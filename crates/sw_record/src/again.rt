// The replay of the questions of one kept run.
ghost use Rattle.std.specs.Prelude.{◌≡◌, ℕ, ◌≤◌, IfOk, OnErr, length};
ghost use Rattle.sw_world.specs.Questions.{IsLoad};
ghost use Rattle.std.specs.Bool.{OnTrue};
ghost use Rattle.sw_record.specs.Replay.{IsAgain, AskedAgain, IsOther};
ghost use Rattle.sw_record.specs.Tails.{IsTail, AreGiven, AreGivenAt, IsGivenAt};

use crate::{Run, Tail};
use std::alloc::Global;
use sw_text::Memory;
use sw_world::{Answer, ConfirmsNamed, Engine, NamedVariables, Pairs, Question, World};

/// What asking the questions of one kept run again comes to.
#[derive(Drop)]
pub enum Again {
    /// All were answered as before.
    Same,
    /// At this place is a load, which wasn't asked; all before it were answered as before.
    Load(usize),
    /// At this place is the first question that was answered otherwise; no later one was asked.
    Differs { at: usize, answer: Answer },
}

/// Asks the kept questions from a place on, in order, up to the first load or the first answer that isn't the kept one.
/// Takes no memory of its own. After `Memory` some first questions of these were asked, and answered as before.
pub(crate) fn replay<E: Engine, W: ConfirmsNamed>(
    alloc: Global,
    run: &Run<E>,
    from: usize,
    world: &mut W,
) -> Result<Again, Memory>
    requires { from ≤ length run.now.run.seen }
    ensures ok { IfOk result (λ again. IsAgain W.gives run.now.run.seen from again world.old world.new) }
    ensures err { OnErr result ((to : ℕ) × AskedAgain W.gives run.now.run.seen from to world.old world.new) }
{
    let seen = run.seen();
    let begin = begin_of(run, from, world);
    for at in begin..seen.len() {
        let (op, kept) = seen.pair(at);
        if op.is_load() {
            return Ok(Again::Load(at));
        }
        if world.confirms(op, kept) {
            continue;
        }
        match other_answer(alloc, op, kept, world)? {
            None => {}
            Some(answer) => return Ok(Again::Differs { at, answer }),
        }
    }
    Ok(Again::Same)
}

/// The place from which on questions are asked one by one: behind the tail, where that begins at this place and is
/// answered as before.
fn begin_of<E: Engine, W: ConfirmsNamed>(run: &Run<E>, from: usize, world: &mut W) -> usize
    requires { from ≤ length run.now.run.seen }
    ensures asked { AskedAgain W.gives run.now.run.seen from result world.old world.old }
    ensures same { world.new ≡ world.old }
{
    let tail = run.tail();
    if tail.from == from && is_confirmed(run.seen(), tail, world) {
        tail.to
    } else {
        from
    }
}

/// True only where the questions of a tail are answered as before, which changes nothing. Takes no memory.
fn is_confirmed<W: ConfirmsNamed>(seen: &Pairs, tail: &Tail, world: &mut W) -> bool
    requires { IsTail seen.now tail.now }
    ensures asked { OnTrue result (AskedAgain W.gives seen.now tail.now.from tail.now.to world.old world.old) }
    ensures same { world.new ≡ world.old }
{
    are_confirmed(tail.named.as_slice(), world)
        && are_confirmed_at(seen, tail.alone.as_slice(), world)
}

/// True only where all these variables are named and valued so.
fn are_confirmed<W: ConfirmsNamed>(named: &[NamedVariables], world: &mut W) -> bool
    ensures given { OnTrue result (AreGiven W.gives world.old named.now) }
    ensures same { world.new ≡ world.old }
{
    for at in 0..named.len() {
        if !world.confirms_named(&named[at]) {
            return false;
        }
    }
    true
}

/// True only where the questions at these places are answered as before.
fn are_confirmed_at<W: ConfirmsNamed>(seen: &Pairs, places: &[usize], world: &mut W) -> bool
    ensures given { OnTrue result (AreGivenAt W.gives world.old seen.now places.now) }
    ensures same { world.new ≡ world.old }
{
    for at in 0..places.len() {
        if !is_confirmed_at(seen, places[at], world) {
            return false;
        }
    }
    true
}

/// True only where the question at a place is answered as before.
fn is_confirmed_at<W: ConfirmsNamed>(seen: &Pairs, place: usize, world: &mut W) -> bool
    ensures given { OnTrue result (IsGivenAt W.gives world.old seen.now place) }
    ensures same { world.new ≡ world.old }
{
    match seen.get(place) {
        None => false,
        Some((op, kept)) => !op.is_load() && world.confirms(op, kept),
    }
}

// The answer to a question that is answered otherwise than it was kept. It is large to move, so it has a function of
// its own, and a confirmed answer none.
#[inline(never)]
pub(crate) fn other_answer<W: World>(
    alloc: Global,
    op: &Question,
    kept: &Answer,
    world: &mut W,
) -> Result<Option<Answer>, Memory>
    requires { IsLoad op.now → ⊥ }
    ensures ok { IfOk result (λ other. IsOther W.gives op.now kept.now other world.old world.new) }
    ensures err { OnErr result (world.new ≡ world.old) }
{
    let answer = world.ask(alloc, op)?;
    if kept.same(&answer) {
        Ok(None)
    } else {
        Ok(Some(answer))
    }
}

****

= WHAT IS EXPECTED =
Give all the records above again, wording unchanged.

= EXERCISE RESPONSE =
filename crates/sw_record/src/again.rt
// The replay of the questions of one kept run.
ghost use Rattle.std.specs.Prelude.{◌≡◌, ℕ, ◌≤◌, IfOk, OnErr, length};
ghost use Rattle.sw_world.specs.Questions.{IsLoad};
ghost use Rattle.std.specs.Bool.{OnTrue};
ghost use Rattle.sw_record.specs.Replay.{IsAgain, AskedAgain, IsOther};
ghost use Rattle.sw_record.specs.Tails.{IsTail, AreGiven, AreGivenAt, IsGivenAt};

use crate::{Run, Tail};
use std::alloc::Global;
use sw_text::Memory;
use sw_world::{Answer, ConfirmsNamed, Engine, NamedVariables, Pairs, Question, World};

/// What asking the questions of one kept run again comes to.
#[derive(Drop)]
pub enum Again {
    /// All were answered as before.
    Same,
    /// At this place is a load, which wasn't asked; all before it were answered as before.
    Load(usize),
    /// At this place is the first question that was answered otherwise; no later one was asked.
    Differs { at: usize, answer: Answer },
}

/// Asks the kept questions from a place on, in order, up to the first load or the first answer that isn't the kept one.
/// Takes no memory of its own. After `Memory` some first questions of these were asked, and answered as before.
pub(crate) fn replay<E: Engine, W: ConfirmsNamed>(
    alloc: Global,
    run: &Run<E>,
    from: usize,
    world: &mut W,
) -> Result<Again, Memory>
    requires { from ≤ length run.now.run.seen }
    ensures ok { IfOk result (λ again. IsAgain W.gives run.now.run.seen from again world.old world.new) }
    ensures err { OnErr result ((to : ℕ) × AskedAgain W.gives run.now.run.seen from to world.old world.new) }
{
    let seen = run.seen();
    let begin = begin_of(run, from, world);
    for at in begin..seen.len() {
        let (op, kept) = seen.pair(at);
        if op.is_load() {
            return Ok(Again::Load(at));
        }
        if world.confirms(op, kept) {
            continue;
        }
        match other_answer(alloc, op, kept, world)? {
            None => {}
            Some(answer) => return Ok(Again::Differs { at, answer }),
        }
    }
    Ok(Again::Same)
}

/// The place from which on questions are asked one by one: behind the tail, where that begins at this place and is
/// answered as before.
fn begin_of<E: Engine, W: ConfirmsNamed>(run: &Run<E>, from: usize, world: &mut W) -> usize
    requires { from ≤ length run.now.run.seen }
    ensures asked { AskedAgain W.gives run.now.run.seen from result world.old world.old }
    ensures same { world.new ≡ world.old }
{
    let tail = run.tail();
    if tail.from == from && is_confirmed(run.seen(), tail, world) {
        tail.to
    } else {
        from
    }
}

/// True only where the questions of a tail are answered as before, which changes nothing. Takes no memory.
fn is_confirmed<W: ConfirmsNamed>(seen: &Pairs, tail: &Tail, world: &mut W) -> bool
    requires { IsTail seen.now tail.now }
    ensures asked { OnTrue result (AskedAgain W.gives seen.now tail.now.from tail.now.to world.old world.old) }
    ensures same { world.new ≡ world.old }
{
    are_confirmed(tail.named.as_slice(), world)
        && are_confirmed_at(seen, tail.alone.as_slice(), world)
}

/// True only where all these variables are named and valued so.
fn are_confirmed<W: ConfirmsNamed>(named: &[NamedVariables], world: &mut W) -> bool
    ensures given { OnTrue result (AreGiven W.gives world.old named.now) }
    ensures same { world.new ≡ world.old }
{
    for at in 0..named.len() {
        if !world.confirms_named(&named[at]) {
            return false;
        }
    }
    true
}

/// True only where the questions at these places are answered as before.
fn are_confirmed_at<W: ConfirmsNamed>(seen: &Pairs, places: &[usize], world: &mut W) -> bool
    ensures given { OnTrue result (AreGivenAt W.gives world.old seen.now places.now) }
    ensures same { world.new ≡ world.old }
{
    for at in 0..places.len() {
        if !is_confirmed_at(seen, places[at], world) {
            return false;
        }
    }
    true
}

/// True only where the question at a place is answered as before.
fn is_confirmed_at<W: ConfirmsNamed>(seen: &Pairs, place: usize, world: &mut W) -> bool
    ensures given { OnTrue result (IsGivenAt W.gives world.old seen.now place) }
    ensures same { world.new ≡ world.old }
{
    match seen.get(place) {
        None => false,
        Some((op, kept)) => !op.is_load() && world.confirms(op, kept),
    }
}

// The answer to a question that is answered otherwise than it was kept. It is large to move, so it has a function of
// its own, and a confirmed answer none.
#[inline(never)]
pub(crate) fn other_answer<W: World>(
    alloc: Global,
    op: &Question,
    kept: &Answer,
    world: &mut W,
) -> Result<Option<Answer>, Memory>
    requires { IsLoad op.now → ⊥ }
    ensures ok { IfOk result (λ other. IsOther W.gives op.now kept.now other world.old world.new) }
    ensures err { OnErr result (world.new ≡ world.old) }
{
    let answer = world.ask(alloc, op)?;
    if kept.same(&answer) {
        Ok(None)
    } else {
        Ok(Some(answer))
    }
}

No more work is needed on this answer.